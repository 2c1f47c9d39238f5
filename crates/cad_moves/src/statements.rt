// What statements and blocks spell.
ghost use Rattle.std.specs.Prelude.{◌≡◌, IfOk, map, option_map};
ghost use Rattle.cad_declarations.specs.Typed as tree;
ghost use Rattle.cad_declarations.specs.Views.{place_of, term_of, argument_of, variable_of, statement_of, block_of, case_of};
ghost use Rattle.cad_paths.specs.Paths as paths;
ghost use Rattle.cad_paths.specs.Letters as terms;
ghost use Rattle.cad_paths.specs.Bodies as spec;
ghost use Rattle.cad_moves.specs.Views.{body_of, reading_of};
ghost use Rattle.cad_moves.specs.Code.Rows.{row_over};
ghost use Rattle.cad_moves.specs.Views.{item_of};

use crate::body::{
    Body, Item, block, caught, either, push_declaration, push_do, push_last, push_or, repeated,
    seq, skip,
};
use crate::leaf::{
    is_self, own_field_set, own_field_use, take_letters, variable_letters, variable_set,
};
use crate::letters::{arguments_letters, place_letters, term_letters};
use crate::reading::Reading;
use cad_declarations::{Argument, Place, Term, TypedBlock, TypedCase, TypedStatement, Variable};
use cad_paths::{BodyPart, Letter, Position, Way};
use std::alloc::{AllocError, Global};

/// A statement or condition of a part.
pub fn position(part: BodyPart, at: u64) -> Position
    ensures { result ≡ spec.position part at }
{
    Position { part, at }
}

/// What is evaluated of a place before the value that is put there.
fn target_letters(
    alloc: Global,
    reading: &Reading,
    at: Position,
    place: &Place,
) -> Result<Body, AllocError>
    ensures { IfOk result (λ b. body_of b ≡ spec.target_letters (reading_of reading.now) at (place_of place.now)) }
{
    match place {
        Place::Variable(_) => Ok(skip()),
        Place::Self_ => Ok(skip()),
        Place::Contract(_) => Ok(skip()),
        Place::Target(value) => term_letters(alloc, reading, at, value),
        Place::Field { base, .. } => {
            if is_self(base) {
                Ok(skip())
            } else {
                place_letters(alloc, reading, at, base)
            }
        }
        Place::Element { base, index, .. } => {
            let first = place_letters(alloc, reading, at, base)?;
            let second = term_letters(alloc, reading, at, index)?;
            seq(alloc, first, second)
        }
        Place::Content { base, .. } => place_letters(alloc, reading, at, base),
    }
}

/// A place that is assigned to.
fn set_letters(
    alloc: Global,
    reading: &Reading,
    at: Position,
    place: &Place,
) -> Result<Body, AllocError>
    ensures { IfOk result (λ b. body_of b ≡ spec.set_letters (reading_of reading.now) at (place_of place.now)) }
{
    match place {
        Place::Variable(number) => variable_set(alloc, reading, at, u64::from(*number)),
        Place::Field { base, name, .. } => {
            if is_self(base) {
                own_field_set(alloc, reading, at, name)
            } else {
                Ok(skip())
            }
        }
        Place::Self_ => Ok(skip()),
        Place::Contract(_) => Ok(skip()),
        Place::Target(_) => Ok(skip()),
        Place::Element { .. } => Ok(skip()),
        Place::Content { .. } => Ok(skip()),
    }
}

/// A place whose value is replaced.
fn fill_letters(
    alloc: Global,
    reading: &Reading,
    at: Position,
    place: &Place,
) -> Result<Body, AllocError>
    ensures { IfOk result (λ b. body_of b ≡ spec.fill_letters (reading_of reading.now) at (place_of place.now)) }
{
    match place {
        Place::Variable(number) => {
            Ok(variable_letters(reading, Letter::Fill, at, u64::from(*number)))
        }
        Place::Field { base, name, .. } => {
            if is_self(base) {
                own_field_use(alloc, reading, at, name)
            } else {
                Ok(skip())
            }
        }
        Place::Self_ => Ok(skip()),
        Place::Contract(_) => Ok(skip()),
        Place::Target(_) => Ok(skip()),
        Place::Element { .. } => Ok(skip()),
        Place::Content { .. } => Ok(skip()),
    }
}

/// Whether a variable's scope is marked.
fn is_scope(reading: &Reading, variable: &Variable) -> bool
    ensures { result ≡ spec.is_scope (reading_of reading.now) (variable_of variable.now) }
{
    match reading {
        Reading::Resources => variable.is_resource,
        Reading::FieldsOfSelf(_) => false,
        Reading::FieldsOfTransaction(_) => false,
    }
}

/// Adds the declaration of a variable.
pub(crate) fn push_variable(
    items: &mut Vec<Item>,
    variable: &Variable,
    at: Position,
) -> Result<(), AllocError>
    ensures { IfOk result (λ _. (rest : paths.PathBody) → row_over (map item_of items.new.items) rest ≡ row_over (map item_of items.old.items) (paths.scope (spec.path_variable (variable_of variable.now)) at rest)) }
{
    push_declaration(items, u64::from(variable.number), &variable.name, at)?;
    Ok(())
}

/// Declares a variable for the rest of a block.
pub(crate) fn declare(
    items: &mut Vec<Item>,
    reading: &Reading,
    variable: &Variable,
    at: Position,
) -> Result<(), AllocError>
    ensures { IfOk result (λ _. (rest : paths.PathBody) → row_over (map item_of items.new.items) rest ≡ row_over (map item_of items.old.items) (spec.declared (reading_of reading.now) (variable_of variable.now) at rest)) }
{
    if is_scope(reading, variable) {
        push_variable(items, variable, at)?;
    }
    Ok(())
}

/// A variable before its scope.
fn declared(
    alloc: Global,
    reading: &Reading,
    variable: &Variable,
    at: Position,
    a: Body,
) -> Result<Body, AllocError>
    ensures { IfOk result (λ b. body_of b ≡ spec.declared (reading_of reading.now) (variable_of variable.now) at (body_of a)) }
{
    if is_scope(reading, variable) {
        let mut items = Vec::new(alloc);
        push_variable(&mut items, variable, at)?;
        push_last(&mut items, a)?;
        Ok(block(items))
    } else {
        Ok(a)
    }
}

/// A test and a body, any number of times, and the test once more.
fn while_letters(alloc: Global, first: Body, test: Body, a: Body) -> Result<Body, AllocError>
    ensures { IfOk result (λ b. body_of b ≡ spec.turns_between (body_of first) (body_of test) (body_of a)) }
{
    let inner = caught(alloc, Way::Continued, a)?;
    let turn = seq(alloc, inner, test)?;
    let turns = repeated(alloc, turn)?;
    let all = seq(alloc, first, turns)?;
    caught(alloc, Way::Broken, all)
}

fn for_letters(alloc: Global, array: Body, a: Body) -> Result<Body, AllocError>
    ensures { IfOk result (λ b. body_of b ≡ spec.for_letters (body_of array) (body_of a)) }
{
    let inner = caught(alloc, Way::Continued, a)?;
    let turns = repeated(alloc, inner)?;
    let all = caught(alloc, Way::Broken, turns)?;
    seq(alloc, array, all)
}

/// Both ways of an `if let` or of a failable cast, each with what it spells first.
fn two_ways(alloc: Global, taken: Body, a: Body, left: Body, b: Body) -> Result<Body, AllocError>
    ensures { IfOk result (λ r. body_of r ≡ paths.either (paths.seq (body_of taken) (body_of a)) (paths.seq (body_of left) (body_of b))) }
{
    let first = seq(alloc, taken, a)?;
    let second = seq(alloc, left, b)?;
    either(alloc, first, second)
}

/// A test, and one of two branches.
fn chosen(alloc: Global, test: Body, a: Body, b: Body) -> Result<Body, AllocError>
    ensures { IfOk result (λ r. body_of r ≡ paths.seq (body_of test) (paths.either (body_of a) (body_of b))) }
{
    let branch = either(alloc, a, b)?;
    seq(alloc, test, branch)
}

/// The variable that a place is.
fn place_variable(place: &Place) -> Option<u64>
    ensures { result ≡ spec.place_variable (place_of place.now) }
{
    match place {
        Place::Variable(number) => Some(u64::from(*number)),
        Place::Self_ => None,
        Place::Contract(_) => None,
        Place::Target(_) => None,
        Place::Field { .. } => None,
        Place::Element { .. } => None,
        Place::Content { .. } => None,
    }
}

/// The variable whose value an expression takes.
fn taken_variable(term: &Term) -> Option<u64>
    ensures { result ≡ spec.taken_variable (term_of term.now) }
{
    match term {
        Term::Take(place) => place_variable(place),
        _ => None,
    }
}

/// An `if let`, of whose value `value` is spelled where it is no variable.
fn if_let_letters(
    alloc: Global,
    reading: &Reading,
    at: Position,
    taken: Option<u64>,
    value: Body,
    a: Body,
    b: Body,
) -> Result<Body, AllocError>
    ensures { IfOk result (λ r. body_of r ≡ spec.if_let_letters (reading_of reading.now) at taken (body_of value) (body_of a) (body_of b)) }
{
    match taken {
        Some(variable) => {
            let spent = variable_letters(reading, Letter::Spend, at, variable);
            let empty = variable_letters(reading, Letter::Empty, at, variable);
            two_ways(alloc, spent, a, empty, b)
        }
        None => chosen(alloc, value, a, b),
    }
}

/// A failable cast.
fn if_cast_letters(
    alloc: Global,
    reading: &Reading,
    at: Position,
    place: &Place,
    a: Body,
    b: Body,
) -> Result<Body, AllocError>
    ensures { IfOk result (λ r. body_of r ≡ spec.if_cast_letters (reading_of reading.now) at (place_of place.now) (body_of a) (body_of b)) }
{
    let other = place_letters(alloc, reading, at, place)?;
    let taken = take_letters(reading, at, place, other);
    let left = place_letters(alloc, reading, at, place)?;
    two_ways(alloc, taken, a, left, b)
}

/// A place that gets a value by `<-!` or beside a second value.
fn replace_letters(
    alloc: Global,
    reading: &Reading,
    at: Position,
    place: &Place,
    value: &Term,
) -> Result<Body, AllocError>
    ensures { IfOk result (λ b. body_of b ≡ paths.seq (spec.target_letters (reading_of reading.now) at (place_of place.now)) (paths.seq (terms.term_letters (reading_of reading.now) at (term_of value.now)) (spec.fill_letters (reading_of reading.now) at (place_of place.now)))) }
{
    let target = target_letters(alloc, reading, at, place)?;
    let new = term_letters(alloc, reading, at, value)?;
    let fill = fill_letters(alloc, reading, at, place)?;
    let behind = seq(alloc, new, fill)?;
    seq(alloc, target, behind)
}

/// A place that is assigned to.
fn assign_letters(
    alloc: Global,
    reading: &Reading,
    at: Position,
    place: &Place,
    value: &Term,
) -> Result<Body, AllocError>
    ensures { IfOk result (λ b. body_of b ≡ paths.seq (spec.target_letters (reading_of reading.now) at (place_of place.now)) (paths.seq (terms.term_letters (reading_of reading.now) at (term_of value.now)) (spec.set_letters (reading_of reading.now) at (place_of place.now)))) }
{
    let target = target_letters(alloc, reading, at, place)?;
    let new = term_letters(alloc, reading, at, value)?;
    let set = set_letters(alloc, reading, at, place)?;
    let behind = seq(alloc, new, set)?;
    seq(alloc, target, behind)
}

EXERCISE: For each line above that contains "behind", make a copy.

TASK RESPONSE:
    let behind = seq(alloc, new, fill)?;
    seq(alloc, target, behind)
    let behind = seq(alloc, new, set)?;
    seq(alloc, target, behind)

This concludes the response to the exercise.